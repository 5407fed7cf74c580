//! What a statement puts into its section.

ghost use Rattle.std.specs.Prelude.{◌≡◌, ◌≤◌, length, replicate, Some, IfSome};
ghost use Rattle.ebc_insn.specs.Spelling.{WellFormed};
ghost use Rattle.ebc_object.specs.Objects.{most};
ghost use Rattle.asm_text.specs.Instructions.{InsnFits};
ghost use Rattle.asm_text.specs.Texts.{IsHeldStatement, seen_statement};
ghost use Rattle.ebc_asm.specs.Held.{Appends, SmallUse, seen_use, seen_uses};
ghost use Rattle.ebc_asm.specs.Pieces.{bytes_of, data_after, distance_kind, immediate_size, insn_use, is_distance, use_of};

use crate::end::LineEnd;
use asm_text::{AsmFault, Statement};
use ebc_decode::encode;
use ebc_insn::Insn;

/// The most bytes that a section has.
const MOST: usize = 1 << 20;

/// A name that a statement uses, and how the bytes for it are filled in (docs/ASSEMBLY.md, "Objects").
#[derive(Clone, Copy)]
pub(crate) struct Use<'a> {
    /// The name.
    pub name: &'a str,
    /// The kind of its fixup, 1 to 5.
    pub kind: u8,
    /// Where the bytes begin in those of the statement.
    pub at: u32,
    /// From where in the statement's bytes a distance counts; none where an address is filled in.
    pub from: Option<u32>,
}

/// Whether what follows a statement stands in data, where it stands in data itself or not.
pub(crate) fn data_after(in_data: bool, statement: &Option<Statement>) -> bool
    ensures { result ≡ data_after in_data (seen_statement statement.now) }
{
    match statement {
        Some(Statement::Code) => false,
        Some(Statement::Data) => true,
        _ => in_data,
    }
}

/// Appends the bytes of a statement to a section.
///
/// # Errors
///
/// Far: the section would pass 1 MiB. Or there was no memory. In both cases the section may have more bytes than before.
pub(crate) fn append(statement: &Option<Statement>, section: &mut Vec<u8>) -> Result<(), LineEnd>
    requires held { IsHeldStatement statement.now }
    requires room { length section.old.items ≤ most }
    ensures { Appends result section.old.items (bytes_of (seen_statement statement.now)) section.new.items }
{
    match statement {
        Some(Statement::Numbers(numbers)) => numbers.append_to(section)?,
        Some(Statement::Place(_)) | Some(Statement::Thunk(_)) => section.extend_from_slice(
            &[0; 8],
        )?,
        Some(Statement::Zeros(count)) => return append_zeros(*count, section),
        Some(Statement::Instruction { insn, .. }) => section.extend_from_slice(encode(
            insn,
        ).as_slice())?,
        _ => {}
    }
    if section.len() > MOST {
        return Err(LineEnd::Fault(AsmFault::Far));
    }
    Ok(())
}

fn append_zeros(count: u64, section: &mut Vec<u8>) -> Result<(), LineEnd>
    requires { length section.old.items ≤ most }
    ensures { Appends result section.old.items (replicate count 0) section.new.items }
{
    if count > (MOST - section.len()) as u64 {
        return Err(LineEnd::Fault(AsmFault::Far));
    }
    section.resize(section.len() + count as usize, 0)?;
    Ok(())
}

/// The name that a statement uses, if any.
pub(crate) fn use_of<'a>(statement: &Option<Statement<'a>>) -> Option<Use<'a>>
    requires { IsHeldStatement statement.now }
    ensures use_of { seen_uses result ≡ use_of (seen_statement statement.now) }
    ensures small { IfSome result SmallUse }
{
    match statement {
        Some(Statement::Place(name)) => Some(Use {
            name,
            kind: 5,
            at: 0,
            from: None,
        }),
        Some(Statement::Thunk(name)) => Some(Use {
            name,
            kind: 3,
            at: 0,
            from: Some(4),
        }),
        Some(
            Statement::Instruction {
                insn,
                name: Some(name),
            },
        ) => Some(insn_use(insn, name)),
        _ => None,
    }
}

fn insn_use<'a>(insn: &Insn, name: &'a str) -> Use<'a>
    requires { WellFormed insn.now }
    ensures use_of { seen_use result ≡ insn_use insn.now name.now }
    ensures small { SmallUse result }
{
    let size = immediate_size(insn);
    let length = encode(insn).len() as u32;
    let at = length.saturating_sub(size);
    if is_distance(insn) {
        let kind = distance_kind(size);
        let from = Some(length);
        Use {
            name,
            kind,
            at,
            from,
        }
    } else {
        let kind = 5;
        let from = None;
        Use {
            name,
            kind,
            at,
            from,
        }
    }
}

fn distance_kind(size: u32) -> u8
    ensures { result ≡ distance_kind size }
{
    match size {
        1 => 1,
        2 => 2,
        4 => 3,
        _ => 4,
    }
}

fn immediate_size(insn: &Insn) -> u32
    ensures { result ≡ immediate_size insn.now }
{
    match insn {
        Insn::Jump8 { .. } => 1,
        Insn::Jump { far: false, .. } | Insn::Call { far: false, .. } => 4,
        Insn::MoveRelative { bits: 16, .. } => 2,
        Insn::MoveRelative { bits: 32, .. } => 4,
        _ => 8,
    }
}

fn is_distance(insn: &Insn) -> bool
    ensures { result ≡ is_distance insn.now }
{
    match insn {
        Insn::Jump8 { .. } | Insn::MoveRelative { .. } => true,
        Insn::Jump { relative, .. } | Insn::Call { relative, .. } => *relative,
        _ => false,
    }
}
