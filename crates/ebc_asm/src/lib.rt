//! Sources as they are assembled (docs/ASSEMBLY.md, "Objects" and "Faults"): the object that a source stands for, or
//! the first line that fails with the lowest of its faults.
//!
//! Promises:
//!
//! - `assemble`: `reading` says that the answer is what the source stands for, `object_of`: the object, or the number
//!   of the first line that fails and the lowest of its faults. Besides these there is only want of memory; a source
//!   with 2^32 - 1 names or more may be answered so too, since a table of names holds no more. `counted` says that an
//!   object of at most 2^20 symbols and as many fixups meets the conditions of `ebc_object`, so that it has a file, and
//!   `sound` that that of a source of at most 1 MiB does. A longer source may have more symbols than a file has.
//!
//! Inside the crate `labels_in` gives the labels of a source, and an `Assembler` takes its lines one after the other:
//! it has a table of names with the place of each (`Names`) and two sections that take statements with their fixups
//! (`Section`). Each part has its exact result in its contract.
#![tactic(auto)]

mod assembler;
mod end;
mod names;
mod pieces;
mod sections;
mod source;
mod symbols;

pub use asm_text::AsmFault;
pub use ebc_object::Object;
pub use end::AsmEnd;
pub use source::assemble;
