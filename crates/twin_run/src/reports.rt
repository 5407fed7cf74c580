//! What runs report.
use note_types::{Ending, Event, Spot};

/// What a run of an image shows.
#[derive(Drop)]
pub struct RunReport {
    /// How many steps it took, until it ended or up to a limit.
    pub steps: u64,
    /// Where it stands then.
    pub spot: Spot,
    /// How far it is.
    pub ending: Ending,
    /// What firmware and code did with one another, the first event first.
    pub events: Vec<Event>,
}

/// What the runs of an image at both widths show.
#[derive(Drop)]
pub struct TwinReport {
    /// The run at 4 bytes an address.
    pub at4: RunReport,
    /// The run at 8 bytes an address.
    pub at8: RunReport,
    /// The least number of steps, up to a limit, after which the two aren't the same: they don't stand at the same spot, or their
    /// events or endings aren't the same. None where they are the same after each.
    pub differ: Option<u64>,
}
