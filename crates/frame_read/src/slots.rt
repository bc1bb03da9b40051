// The fifteen slots of a frame, one after the other: each is lent its own part of every run.
ghost use Rattle.std.specs.Prelude.{◌≡◌, ◌*◌, length};
ghost use Rattle.run.specs.Answers.{verdict_of};
ghost use Rattle.run.specs.Verdicts.{chain};
ghost use Rattle.dpch.specs.Formats.{format_of};
ghost use Rattle.frame.specs.Rule.{data_in, tfci_in, commands_in};
ghost use Rattle.frame.specs.Outcome.{slot_digits};
ghost use Rattle.frame.specs.Ready.{Room, Bits};

use run::Refusal;
use slot::sizes_of;

// The first slot whose digits are refused.
pub(crate) fn check_digits(format: usize, xs: &[u8]) -> Result<(), Refusal>
    requires { length xs.now ≡ 15 * (format_of format).slot }
    ensures { verdict_of result ≡ chain 15 (slot_digits (format_of format) xs.now) }
{
    let s = sizes_of(format);
    let w = s.slot;
    for k in 0..15 {
        let i = k * w;
        let j = i + w;
        slot_check::check_part(format, k, &xs[i..j], i as u32)?;
    }
    Ok(())
}

// The fields of each slot into their parts of the runs.
pub(crate) fn take(format: usize, xs: &[u8], data: &mut [u8], tfci: &mut [u8], commands: &mut [u8])
    requires { Room format (length «data».old) (length tfci.old) (length commands.old) (length xs.now) × Bits format xs.now }
    ensures { («data».new ≡ data_in (format_of format) xs.now) × (tfci.new ≡ tfci_in (format_of format) xs.now) × (commands.new ≡ commands_in (format_of format) xs.now) }
{
    let s = sizes_of(format);
    let n = s.data;
    let m = s.tfci;
    let w = s.slot;
    for k in 0..15 {
        let a = k * n;
        let e = a + n;
        let b = k * m;
        let c = b + m;
        let i = k * w;
        let j = i + w;
        // No slot is refused here: the frame's lengths are those of its slots.
        let taken = slot_read::take(format, k, &xs[i..j], &mut data[a..e], &mut tfci[b..c]);
        commands[k] = taken.unwrap_or(0) as u8;
    }
}
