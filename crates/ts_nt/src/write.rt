ghost use Rattle.std.specs.Prelude.{◌≡◌, OnOk, OnErr, ℕ, List, [], ◌∷◌, ◌++◌};
ghost use Rattle.ts_model.specs.declared.signed.Sign.TheVariants.{Add};
ghost use Rattle.ts_model.specs.TextTriple.{TextTriple, IsTriple};
ghost use Rattle.ts_nt.specs.LineRead.{IsReadAs};
ghost use Rattle.ts_nt.specs.TripleLine.{triple_line, Extends};

use std::alloc::AllocError;
use ts_model::Triple;

/// Appends the line of a triple: subject, space, predicate, space, object, space, `.`, LF. It reads back as that triple.
/// Where memory runs out, a part of it may stand behind what was there.
pub fn write_triple(triple: &Triple, into: &mut Vec<u8>) -> Result<(), AllocError>
    ensures ok { OnOk result (into.new.items ≡ into.old.items ++ triple_line triple.now) }
    ensures reads { OnOk result ((line : List ℕ) × (into.new.items ≡ into.old.items ++ (line ++ 0x0A ∷ [])) × IsReadAs line (record { sign = Add; triple = triple.now })) }
    ensures err { OnErr result (Extends into.old.items into.new.items) }
{
    into.extend_from_slice(triple.subject().spelling())?;
    into.push(b' ')?;
    into.extend_from_slice(triple.predicate().spelling())?;
    into.push(b' ')?;
    into.extend_from_slice(triple.object().spelling())?;
    into.extend_from_slice(b" .\n")
}

/// The line of a triple, without its line feed, reads as that triple with `Add`.
pub fn printed_triple_reads_back()
    ensures { (triple : TextTriple) → IsTriple triple
        → (line : List ℕ) × (triple_line triple ≡ line ++ 0x0A ∷ []) × IsReadAs line (record { sign = Add; triple = triple }) }
{}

Your task:
How many lines in this listing contain "WellFormed"? Give that number and stop.

Exercise answer:
2